### Try it:
Print exactly the lines below between the line holding "if 1 < req - row.last" and the line holding "(said.Held parts.now.core.base (top", inclusive, and nothing more.

### Dataset records:
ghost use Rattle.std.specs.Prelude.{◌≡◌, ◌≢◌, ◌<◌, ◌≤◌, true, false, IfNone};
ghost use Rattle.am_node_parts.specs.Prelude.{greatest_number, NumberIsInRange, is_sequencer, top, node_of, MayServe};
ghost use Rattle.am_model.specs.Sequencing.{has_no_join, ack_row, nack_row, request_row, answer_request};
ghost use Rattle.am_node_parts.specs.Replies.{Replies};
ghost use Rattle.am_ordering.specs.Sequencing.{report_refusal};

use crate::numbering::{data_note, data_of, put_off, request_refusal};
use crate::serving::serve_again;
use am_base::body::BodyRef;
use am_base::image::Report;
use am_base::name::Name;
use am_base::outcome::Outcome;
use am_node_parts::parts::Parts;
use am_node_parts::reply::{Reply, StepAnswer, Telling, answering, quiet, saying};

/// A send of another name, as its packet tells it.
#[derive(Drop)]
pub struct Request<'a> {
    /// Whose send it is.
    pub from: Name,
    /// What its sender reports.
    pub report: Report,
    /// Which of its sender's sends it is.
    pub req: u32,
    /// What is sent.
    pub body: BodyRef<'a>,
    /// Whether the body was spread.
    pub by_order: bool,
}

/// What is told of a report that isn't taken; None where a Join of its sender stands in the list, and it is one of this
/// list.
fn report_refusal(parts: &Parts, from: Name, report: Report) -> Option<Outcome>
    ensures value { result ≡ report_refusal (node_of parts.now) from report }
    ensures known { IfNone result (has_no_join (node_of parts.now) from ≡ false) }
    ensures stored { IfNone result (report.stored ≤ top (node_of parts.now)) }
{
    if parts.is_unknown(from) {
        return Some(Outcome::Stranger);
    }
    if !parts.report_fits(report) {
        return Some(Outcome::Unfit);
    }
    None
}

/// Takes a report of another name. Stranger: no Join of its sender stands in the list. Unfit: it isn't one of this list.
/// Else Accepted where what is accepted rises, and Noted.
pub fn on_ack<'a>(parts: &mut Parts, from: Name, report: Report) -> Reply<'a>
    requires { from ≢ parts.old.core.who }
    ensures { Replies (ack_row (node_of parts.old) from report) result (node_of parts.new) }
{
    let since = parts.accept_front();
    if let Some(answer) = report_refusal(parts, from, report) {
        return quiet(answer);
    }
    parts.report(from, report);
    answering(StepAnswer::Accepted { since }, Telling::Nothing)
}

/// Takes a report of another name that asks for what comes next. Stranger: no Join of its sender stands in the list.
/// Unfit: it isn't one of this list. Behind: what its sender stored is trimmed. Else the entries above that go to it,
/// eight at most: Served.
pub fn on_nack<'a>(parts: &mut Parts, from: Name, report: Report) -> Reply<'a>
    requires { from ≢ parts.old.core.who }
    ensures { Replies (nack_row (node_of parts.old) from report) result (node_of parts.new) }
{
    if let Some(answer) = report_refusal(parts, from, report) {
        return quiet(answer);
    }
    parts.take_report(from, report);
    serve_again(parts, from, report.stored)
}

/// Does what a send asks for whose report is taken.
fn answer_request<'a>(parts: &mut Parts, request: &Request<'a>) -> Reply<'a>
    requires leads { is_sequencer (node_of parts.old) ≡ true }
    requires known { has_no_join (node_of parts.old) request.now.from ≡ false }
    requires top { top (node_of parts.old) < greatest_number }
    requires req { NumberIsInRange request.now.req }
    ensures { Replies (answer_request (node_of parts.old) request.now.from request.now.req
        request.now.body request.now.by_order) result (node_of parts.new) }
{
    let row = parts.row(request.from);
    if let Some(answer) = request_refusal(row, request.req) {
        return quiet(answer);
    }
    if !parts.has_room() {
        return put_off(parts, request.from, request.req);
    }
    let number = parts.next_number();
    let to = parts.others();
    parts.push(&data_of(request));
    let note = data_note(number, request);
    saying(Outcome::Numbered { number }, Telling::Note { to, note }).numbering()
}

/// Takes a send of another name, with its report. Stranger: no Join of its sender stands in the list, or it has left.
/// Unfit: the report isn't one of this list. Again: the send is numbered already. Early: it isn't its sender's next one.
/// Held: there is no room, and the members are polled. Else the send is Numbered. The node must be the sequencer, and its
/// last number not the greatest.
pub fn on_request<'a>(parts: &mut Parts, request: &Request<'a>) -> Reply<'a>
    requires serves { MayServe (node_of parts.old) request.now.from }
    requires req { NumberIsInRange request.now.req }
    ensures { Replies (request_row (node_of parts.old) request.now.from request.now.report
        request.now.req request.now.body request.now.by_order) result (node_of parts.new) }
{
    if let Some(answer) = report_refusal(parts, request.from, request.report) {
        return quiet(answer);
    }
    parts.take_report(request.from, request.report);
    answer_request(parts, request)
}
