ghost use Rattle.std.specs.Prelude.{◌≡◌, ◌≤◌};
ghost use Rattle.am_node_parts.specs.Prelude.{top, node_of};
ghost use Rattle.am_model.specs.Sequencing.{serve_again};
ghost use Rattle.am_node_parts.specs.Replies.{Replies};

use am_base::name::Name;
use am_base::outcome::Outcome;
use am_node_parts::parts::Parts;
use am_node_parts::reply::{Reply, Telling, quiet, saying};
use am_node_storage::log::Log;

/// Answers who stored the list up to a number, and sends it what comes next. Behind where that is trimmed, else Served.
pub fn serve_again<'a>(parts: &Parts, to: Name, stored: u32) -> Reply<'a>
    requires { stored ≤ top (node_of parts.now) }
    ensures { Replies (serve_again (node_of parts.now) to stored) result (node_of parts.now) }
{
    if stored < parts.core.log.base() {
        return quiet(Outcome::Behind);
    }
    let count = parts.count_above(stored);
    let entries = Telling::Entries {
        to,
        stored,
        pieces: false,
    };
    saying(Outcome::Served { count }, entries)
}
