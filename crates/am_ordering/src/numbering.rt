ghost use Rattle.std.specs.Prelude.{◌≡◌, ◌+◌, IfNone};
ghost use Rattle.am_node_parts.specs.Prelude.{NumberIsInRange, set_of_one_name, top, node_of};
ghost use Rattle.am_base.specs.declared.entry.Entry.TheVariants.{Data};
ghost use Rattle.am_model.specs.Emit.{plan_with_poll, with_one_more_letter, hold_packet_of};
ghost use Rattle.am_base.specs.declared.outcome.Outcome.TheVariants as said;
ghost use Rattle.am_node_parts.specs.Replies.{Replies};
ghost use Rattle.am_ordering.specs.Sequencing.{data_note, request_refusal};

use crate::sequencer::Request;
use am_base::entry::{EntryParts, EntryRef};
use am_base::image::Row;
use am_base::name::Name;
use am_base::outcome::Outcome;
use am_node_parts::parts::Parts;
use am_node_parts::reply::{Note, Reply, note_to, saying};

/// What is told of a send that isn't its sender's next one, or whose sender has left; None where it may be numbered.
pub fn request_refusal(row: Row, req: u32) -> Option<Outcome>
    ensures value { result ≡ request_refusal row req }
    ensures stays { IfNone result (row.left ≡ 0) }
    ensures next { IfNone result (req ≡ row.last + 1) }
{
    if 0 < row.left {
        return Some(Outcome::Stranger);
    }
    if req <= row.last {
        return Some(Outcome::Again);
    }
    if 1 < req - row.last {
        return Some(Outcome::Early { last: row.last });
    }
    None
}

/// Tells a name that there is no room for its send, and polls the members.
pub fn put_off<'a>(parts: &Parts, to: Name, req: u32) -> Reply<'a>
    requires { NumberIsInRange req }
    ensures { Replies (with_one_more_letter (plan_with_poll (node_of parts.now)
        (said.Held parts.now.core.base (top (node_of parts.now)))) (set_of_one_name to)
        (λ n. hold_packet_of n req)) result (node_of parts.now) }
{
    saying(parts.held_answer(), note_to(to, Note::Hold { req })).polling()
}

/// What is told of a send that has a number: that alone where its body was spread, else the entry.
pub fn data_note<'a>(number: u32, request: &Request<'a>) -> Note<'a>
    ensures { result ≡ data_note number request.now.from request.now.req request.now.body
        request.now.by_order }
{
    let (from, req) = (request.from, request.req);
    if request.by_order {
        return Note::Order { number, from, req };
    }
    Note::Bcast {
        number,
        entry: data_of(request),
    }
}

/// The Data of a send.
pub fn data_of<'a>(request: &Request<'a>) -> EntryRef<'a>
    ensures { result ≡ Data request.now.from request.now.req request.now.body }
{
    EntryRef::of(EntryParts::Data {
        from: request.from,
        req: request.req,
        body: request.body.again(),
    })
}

### Task solution:
    if 1 < req - row.last {
        return Some(Outcome::Early { last: row.last });
    }
    None
}

/// Tells a name that there is no room for its send, and polls the members.
pub fn put_off<'a>(parts: &Parts, to: Name, req: u32) -> Reply<'a>
    requires { NumberIsInRange req }
    ensures { Replies (with_one_more_letter (plan_with_poll (node_of parts.now)
        (said.Held parts.now.core.base (top (node_of parts.now)))) (set_of_one_name to)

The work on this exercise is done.